Advances in computer-assisted indexing and other digital innovations, new volunteer experiences, the largest family history conference in the world and, of course, more genealogy records — are all part of what FamilySearch is planning for patrons in 2024. 

FamilySearch, an international family history website sponsored by The Church of Jesus Christ of Latter-day Saints, offered a preview of its plans for the coming year in a news release on Jan. 17.

Here is what Latter-day Saints can expect to see at FamilySearch:

Access to more family history records

FamilySearch will continue to work with record custodians and other organizations worldwide to digitize millions of more historical records, to preserve them and make them more widely available.

FamilySearch will continue to digitize records in more than 75 countries across Africa, Asia, Europe, North America, South America and Oceania, with significant new additions coming for collections in Peru and Portugal.

Last year, FamilySearch collaborated with Ancestry and the Library and Archives Canada to make the 1931 Canada census available for free research.
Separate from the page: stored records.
// A source over a reader of std.
ghost use Rattle.std.specs.Prelude.{◌≡◌};
ghost use Rattle.std.specs.Io.{ReadsAtMost};
ghost use Rattle.std.specs.Io.KnownBytes.{ReadConsumes};
ghost use Rattle.ports.specs.Causes.{HasCause};
ghost use Rattle.ports.specs.Counts.{faults_after};

use super::count_moved;
use crate::failed::Failed;
use crate::source::Source;
use std::io::Read;

/// A source over a reader of std. It has as many bytes left as the reader has, if that is
/// known; of standard input, a file or a socket nothing is known.
#[derive(Drop)]
pub struct ReadSource<R> {
    reader: R,
    faults: u64,
}

impl<R: Read> ReadSource<R> {
    /// Makes a source that reads this reader.
    pub fn new(reader: R) -> Self
        ensures left { ⟦<ReadSource<R> as Source>⟧.left result ≡ R.remaining reader }
        ensures faults { ⟦<ReadSource<R> as Source>⟧.faults result ≡ 0 }
    {
        ReadSource { reader, faults: 0 }
    }

    /// How many calls have failed, up to 2^64 - 1.
    pub fn fault_count(&self) -> u64
        ensures { result ≡ ⟦<ReadSource<R> as Source>⟧.faults self.now }
    {
        self.faults
    }
}

impl<R: Read> Source for ReadSource<R> {
    ghost left = { λ s. R.remaining s.reader };

    ghost faults = { λ s. s.faults };

    fn read(&mut self, into: &mut [u8]) -> Result<usize, Failed>
        ensures bound { ReadsAtMost result into.new }
        ensures bytes { ReadConsumes (⟦<ReadSource<R> as Source>⟧.left self.old)
            (⟦<ReadSource<R> as Source>⟧.left self.new) result into.new }
        ensures cause { HasCause (⟦<ReadSource<R> as Source>⟧.faults self.old)
            (⟦<ReadSource<R> as Source>⟧.faults self.new) result }
        ensures faults { ⟦<ReadSource<R> as Source>⟧.faults self.new
            ≡ faults_after (⟦<ReadSource<R> as Source>⟧.faults self.old) result }
    {
        count_moved(self.reader.read(into), 0, &mut self.faults)
    }
}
FamilySearch will add the full 1921 Canada census this year.

FamilySearch will also continue to gather oral genealogies from Africa, as well as other unique record sets, and make them digitally searchable. This search feature will allow patrons to explore the oral genealogies from more than 15 African countries by tribe, village and surname with access to photos, audio recordings and lineages preserved through interviews.

Computer-assisted indexing

In 2024, FamilySearch plans to improve its computer-assisted indexing algorithms to recognize and index historical genealogical records in Italian, Spanish, Portuguese and English. This handwriting recognition technology, combined with the contributions of online volunteers, will make millions of document images text-searchable faster and enable more people to discover their family heritage.

Full-text search

On a related note, FamilySearch has been leveraging its AI-powered handwriting recognition technology to also improve its record search experience

In 2024, FamilySearch hopes to make the search experience more powerful by adding full-text search capability to select record sets.